So, I am often asked whether there is a privacy "movement," like the environmental movement or the civil rights movement. The short answer is "no." Privacy is too diffuse, there are too many issues, and too much change to find the clear historical milestones and political achievements that helped to define earlier movements. Still, it is worth taking a moment to recognize some of the people who have had enormous success bringing public attention to privacy concerns. At the top of my list would be Simon Davies, the founder of Privacy International. It is hard to say exactly what makes Simon the brilliant organizer that he is. He is wonderful with the press, lacks pretense, and enjoys drinking with his friends when he is not battling Big Brother. Credit Simon with the ingenious Big Brother Awards and an extraordinary campaign taking place right now in Britain against the national ID card. Many international organizations have large budgets, fancy offices, and a decent cappuccino machine. Privacy International has Simon Davies, Gus Hosein, Dave Banisar, and a few other privacy stalwarts. If history is smart, it will side with them.
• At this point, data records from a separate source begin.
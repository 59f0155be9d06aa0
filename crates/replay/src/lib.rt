// The replay of a diff over an original: plain, as from_diff does it, and covering, which refuses a diff that leaves text unmentioned.
#![tactic(auto)]

ghost use Rattle.std.specs.Prelude.{◌≡◌, ◌≤◌, length, ltb, Ok};
ghost use Rattle.room.specs.Placed.{Put};
ghost use Rattle.verdict.specs.Verdicts.{and_then};
ghost use Rattle.diff.specs.Checks.{refuse_if};
ghost use Rattle.refusal.specs.declared.Refusal.TheVariants.{Unmentioned};
ghost use Rattle.replay.specs.Answers.{diff, text_of, always, plain, covering, judged, length_of, Replayed};

use diff::diff::{Item, Items};
use records::each::Records;
use refusal::Refusal;
use string_builder::StringBuilder;

// What the checks of a plain replay find: how much is left unmentioned and how long the replayed text is.
#[derive(Clone, Copy, Debug, PartialEq, Eq)]
pub struct Judged {
    pub left: usize,
    pub length: usize,
}

impl Judged {
    // The length of a covering replay; refusal 9 where something is left.
    fn covering(self) -> Result<usize, Refusal>
        ensures { result ≡ and_then (refuse_if (ltb 0 self.left) (Unmentioned self.left)) (Ok self.length) }
    {
        if 0 < self.left {
            return Err(Refusal::Unmentioned { left: self.left });
        }
        Ok(self.length)
    }
}

fn judge(original: &[u32], items: Items) -> Result<Judged, Refusal>
    ensures { result ≡ judged (diff original.now items.entry.numbers.now items.entry.text.now) }
{
    if 65535 < original.len() || 8192 < items.count() || 131070 < items.text.len() {
        return Err(Refusal::Size);
    }
    let used = items.survey()?;
    verdict::check_texts(original, items.text)?;
    let used = used?;
    let reached = items.walk(original.len())?;
    Ok(Judged {
        left: original.len() - reached.position,
        length: reached.kept + used,
    })
}

// The replayed text, at the start of a room that it fits.
fn build(original: &[u32], items: Items, out: &mut [u32]) -> usize
    requires { length (text_of (diff original.now items.numbers.now items.text.now)) ≤ length out.old }
    ensures { Put (text_of (diff original.now items.entry.numbers.now items.entry.text.now)) out.old 0 out.new result }
{
    let mut builder = StringBuilder::new(original);
    let mut at: usize = 0;
    'items: for item in items.each() {
        match item {
            Item::Retain(n) => at = builder.retain(n as usize, out, at),
            Item::Delete(n) => builder.delete(n as usize),
            Item::Insert { start, length } => {
                at = builder.insert(&items.text[start..start + length], out, at);
            }
            Item::Neither => {}
        }
    }
    at
}

// The room's check, and the building.
fn fill(original: &[u32], items: Items, out: &mut [u32], len: usize) -> Result<usize, Refusal>
    requires { len ≡ length (text_of (diff original.now items.numbers.now items.text.now)) }
    ensures { Replayed always (diff original.now items.entry.numbers.now items.entry.text.now) out.old result out.new }
{
    if out.len() < len {
        return Err(Refusal::Room);
    }
    Ok(build(original, items, out))
}

// The length of the replayed text, plain. Kept so: here and in the three calls after it a struct of both slices is no plainer, since each is handed on as C lends it and makes the `Items` once.
#[tactic(auto, unfolding(crate::specs::Answers::judged, crate::specs::Answers::length_of))]
pub fn from_diff_length(original: &[u32], items: &[i64], text: &[u32]) -> Result<usize, Refusal>
    ensures { result ≡ length_of plain (diff original.now items.now text.now) }
{
    Ok(judge(original, Items::new(items, text))?.length)
}

// The length of the replayed text, covering.
#[tactic(auto, unfolding(crate::specs::Answers::judged, crate::specs::Answers::covering, crate::specs::Answers::length_of, diff::specs::Checks::covers))]
pub fn from_covering_diff_length(
    original: &[u32],
    items: &[i64],
    text: &[u32],
) -> Result<usize, Refusal>
    ensures { result ≡ length_of covering (diff original.now items.now text.now) }
{
    judge(original, Items::new(items, text))?.covering()
}

// The replayed text, plain: what the diff leaves unmentioned is dropped.
pub fn from_diff(
    original: &[u32],
    items: &[i64],
    text: &[u32],
    out: &mut [u32],
) -> Result<usize, Refusal>
    ensures { Replayed plain (diff original.now items.now text.now) out.old result out.new }
{
    let len = from_diff_length(original, items, text)?;
    fill(original, Items::new(items, text), out, len)
}

// The replayed text, covering: a diff that leaves some of the original unmentioned is refused.
pub fn from_covering_diff(
    original: &[u32],
    items: &[i64],
    text: &[u32],
    out: &mut [u32],
) -> Result<usize, Refusal>
    ensures { Replayed covering (diff original.now items.now text.now) out.old result out.new }
{
    let len = from_covering_diff_length(original, items, text)?;
    fill(original, Items::new(items, text), out, len)
}
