// How predicates and matchers print.
ghost use Rattle.std.specs.Prelude.{◌≡◌};
ghost use Rattle.nextest_filtering_ast.specs.Tree.{leaf_of};
ghost use Rattle.nextest_filtering_ast.specs.Grammar.{leaf_word};
ghost use Rattle.nextest_filtering_ast.specs.Printing.{written_sign};

use crate::leaf::{BuildPlatform, ParsedLeaf};
use crate::matcher::NameMatcher;
use nextest_filtering_escapes::{escaped_text, slashed_text};
use std::fmt;

/// The sign of a text, unless the text was written without it.
fn written_sign(implicit: bool, sign: &str) -> &str
    ensures { result.now ≡ written_sign implicit sign.now }
{
    if implicit { "" } else { sign }
}

impl fmt::Display for NameMatcher {
    ghost use Rattle.std.specs.Prelude.{Some};
    ghost use Rattle.nextest_filtering_ast.specs.Tree.{matcher_of};
    ghost use Rattle.nextest_filtering_ast.specs.Printing.{printed_matcher};

    ghost output = { λ it. Some (printed_matcher (matcher_of it)) };

    fn fmt<W: fmt::Write>(&self, f: &mut fmt::Formatter<W>) -> fmt::Result {
        match self {
            NameMatcher::Equal { value, implicit } => {
                let sign = written_sign(*implicit, "=");
                write!(f, "{sign}{}", escaped_text(value.as_str()))
            }
            NameMatcher::Contains { value, implicit } => {
                let sign = written_sign(*implicit, "~");
                write!(f, "{sign}{}", escaped_text(value.as_str()))
            }
            NameMatcher::Glob { glob, implicit } => {
                let sign = written_sign(*implicit, "#");
                write!(f, "{sign}{}", escaped_text(glob.as_str()))
            }
            NameMatcher::Regex(pattern) => write!(f, "/{}/", slashed_text(pattern.as_str())),
        }
    }
}

impl fmt::Display for BuildPlatform {
    ghost use Rattle.std.specs.Prelude.{Some};
    ghost use Rattle.nextest_filtering_ast.specs.Words.{platform_word};

    ghost output = { λ it. Some (platform_word it) };

    fn fmt<W: fmt::Write>(&self, f: &mut fmt::Formatter<W>) -> fmt::Result {
        match self {
            BuildPlatform::Host => f.write_str("host"),
            BuildPlatform::Target => f.write_str("target"),
        }
    }
}

/// The name of a predicate.
fn leaf_word(leaf: &ParsedLeaf) -> &'static str
    ensures { result.now ≡ leaf_word (leaf_of leaf.now) }
{
    match leaf {
        ParsedLeaf::Package(_, _) => "package",
        ParsedLeaf::Deps(_, _) => "deps",
        ParsedLeaf::Rdeps(_, _) => "rdeps",
        ParsedLeaf::Kind(_, _) => "kind",
        ParsedLeaf::Binary(_, _) => "binary",
        ParsedLeaf::BinaryId(_, _) => "binary_id",
        ParsedLeaf::Platform(_, _) => "platform",
        ParsedLeaf::Test(_, _) => "test",
        ParsedLeaf::Group(_, _) => "group",
        ParsedLeaf::Default(_) => "default",
        ParsedLeaf::All => "all",
        ParsedLeaf::None => "none",
    }
}

impl fmt::Display for ParsedLeaf {
    ghost use Rattle.std.specs.Prelude.{Some};
    ghost use Rattle.nextest_filtering_ast.specs.Tree.{leaf_of};
    ghost use Rattle.nextest_filtering_ast.specs.Printing.{printed_leaf};

    ghost output = { λ it. Some (printed_leaf (leaf_of it)) };

    fn fmt<W: fmt::Write>(&self, f: &mut fmt::Formatter<W>) -> fmt::Result {
        let word = leaf_word(self);
        match self {
            ParsedLeaf::Package(matcher, _)
            | ParsedLeaf::Deps(matcher, _)
            | ParsedLeaf::Rdeps(matcher, _)
            | ParsedLeaf::Kind(matcher, _)
            | ParsedLeaf::Binary(matcher, _)
            | ParsedLeaf::BinaryId(matcher, _)
            | ParsedLeaf::Test(matcher, _)
            | ParsedLeaf::Group(matcher, _) => write!(f, "{word}({matcher})"),
            ParsedLeaf::Platform(platform, _) => write!(f, "{word}({platform})"),
            ParsedLeaf::Default(_) | ParsedLeaf::All | ParsedLeaf::None => write!(f, "{word}()"),
        }
    }
}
There are a lot of people I should know by name but I don't. I will say that when I sit down each year to review the draft of our annual Privacy and Human Rights report, I am struck by the courage and the decency of people all around the world who find a way to express their views about privacy, to join with others, and to make real political change. I think about teachers in South Korea who opposed a database on schoolchildren, activists in Peru who stopped the installation of camera surveillance, protesters in Germany who stood up against RFID, and local officials in Japan who objected to the creation of a national ID card.

Maybe there are many privacy movements. And maybe that is as it should be.

Good night. I'll be back tomorrow.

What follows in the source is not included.